The lead researcher, Dr. Leonardo Trasande, stated that the statistical modelling used in the study provided economic figures “on the low end of the scale.” Canadian readers may wonder if the costs to the Canadian economy would be similar per capita, adjusted for our lower population, since Canadians use so many of the same products containing the same endocrine-disrupting chemicals.
Another report published in February 2016 and summarized in Science Daily focused on health effects of endocrine-disrupting chemicals and their economic burden in the European Union (EU), and concluded that health care expenditures and lost earnings caused by low-level exposure to the chemicals is costing the EU at least 1.4 billion Euros annually.
An earlier study published in the same journal in February of 2015 had an even higher estimate of the economic costs to the EU of illness caused by long-term, low-level exposure to a variety of endocrine-disrupting chemicals: that report placed the likely economic costs at between 150 and 260 billion Euros each year.
Better Testing Needed
A report published in March, 2012, concluded that testing relied upon to determine the safety of chemicals is inadequate to show longer-term effects of low-dose exposure. One of its findings was that low-dose exposure “can result in significant health effects.”
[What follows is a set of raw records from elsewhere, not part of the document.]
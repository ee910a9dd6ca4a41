// Whether the calls of a unit have no cycle.
//
// All ranks are 0 at first. In each round, the rank of each function that calls one of the same or a higher rank rises by one;
// there is one more round than a unit can have functions. If there is no cycle, the ranks then fall from call to call. No proof
// depends on how they were found: the answer comes from checking the ranks at the end.

ghost use Rattle.std.specs.Prelude.{◌≡◌, ◌<◌, true, IfOk};
ghost use Rattle.std.specs.List.{AllByRecursion};
ghost use Rattle.cc_ast.specs.Erase.{external_trees};
ghost use Rattle.cc_ast.specs.Source.{source};
ghost use Rattle.cc_c_semantics.specs.Meaning.{functions};
ghost use Rattle.cc_depth.specs.Cycles.{CallsLower, HasNoCycle};
ghost use Rattle.cc_safe.specs.internal.Ranks.{rank_by, FallsIn};

use crate::calls::{in_statements, rank_of};
use cc_ast::External;
use cc_resolve::{Layout, lay_out};
use cc_types::TypedUnit;
use std::alloc::{AllocError, Global};

const MAIN: &[u8] = b"main";

/// At most this many calls may be open at once.
const MOST_OPEN: u32 = 1024;

/// A unit has at most this many functions.
const MOST_FUNCTIONS: usize = 64;

// Whether the function that an external declaration defines, if any, calls only functions of lower ranks.
fn falls_in(layout: &Layout<'_>, table: &[u32], external: &External) -> bool
    ensures { result ≡ true → FallsIn (rank_by layout.now table.now) external.now }
{
    match external {
        External::Definition(signature, body) => {
            let limit = rank_of(layout, table, signature.name.bytes.as_slice());
            in_statements(layout, table, limit, body.as_slice())
        }
        External::Declaration(_) | External::Objects(_, _) => true,
    }
}

// Whether each function of a unit calls only functions of lower ranks.
fn all_fall(layout: &Layout<'_>, table: &[u32], externals: &[External]) -> bool
    ensures { result ≡ true → AllByRecursion (CallsLower (rank_by layout.now table.now)) (functions (external_trees externals.now)) }
{
    for external in externals {
        if !falls_in(layout, table, external) {
            return false;
        }
    }
    true
}

// Raises the rank of each function that calls one of the same or a higher rank.
fn raise(layout: &Layout<'_>, table: &mut Vec<u32>, externals: &[External]) {
    for external in externals {
        if !falls_in(layout, table.as_slice(), external) {
            if let External::Definition(signature, _) = external {
                let function = layout.function(signature.name.bytes.as_slice());
                if let Some(rank) = table.get_mut(function) {
                    *rank = rank.saturating_add(1);
                }
            }
        }
    }
}

// Ranks that fall from call to call, if there are any.
fn ranks(
    alloc: Global,
    layout: &Layout<'_>,
    functions: usize,
    externals: &[External],
) -> Result<Vec<u32>, AllocError> {
    let mut table = Vec::new(alloc);
    table.resize(functions, 0)?;
    for _round in 0..MOST_FUNCTIONS + 1 {
        raise(layout, &mut table, externals);
    }
    Ok(table)
}

/// Whether the calls of a unit have no cycle.
pub(crate) fn is_acyclic(alloc: Global, unit: &TypedUnit) -> Result<bool, AllocError>
    ensures { IfOk result (λ none. none ≡ true → HasNoCycle (source unit.now).externals) }
{
    let externals = unit.externals();
    let mut elements = Vec::new(alloc);
    let layout = lay_out(alloc, &mut elements, externals)?;
    let table = ranks(alloc, &layout, unit.functions(), externals)?;
    let rows = table.as_slice();
    let main = rank_of(&layout, rows, MAIN);
    if main >= MOST_OPEN {
        return Ok(false);
    }
    Ok(all_fall(&layout, rows, externals))
}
Laura Vandenberg, PhD. of Tufts University in Medford, Mass., lead author of the 2012 study stated, “Current testing paradigms are missing important, sensitive endpoints, and fundamental changes in chemical testing and safety determination are needed to protect human health.” Some would argue that better testing is needed to protect the health of wildlife as well — fish, bees and other pollinators, and other creatures large and small who may be more important to ecological , economic and bodily human health than is commonly understood at this time.
What are those chemicals?
Endocrine disruptors are chemicals that interfere with the functions of hormones in our bodies. According to the National Institute of Health Sciences, they are “chemicals that may interfere with the body’s endocrine system and produce adverse developmental, reproductive, neurological, and immune effects in both humans and wildlife.”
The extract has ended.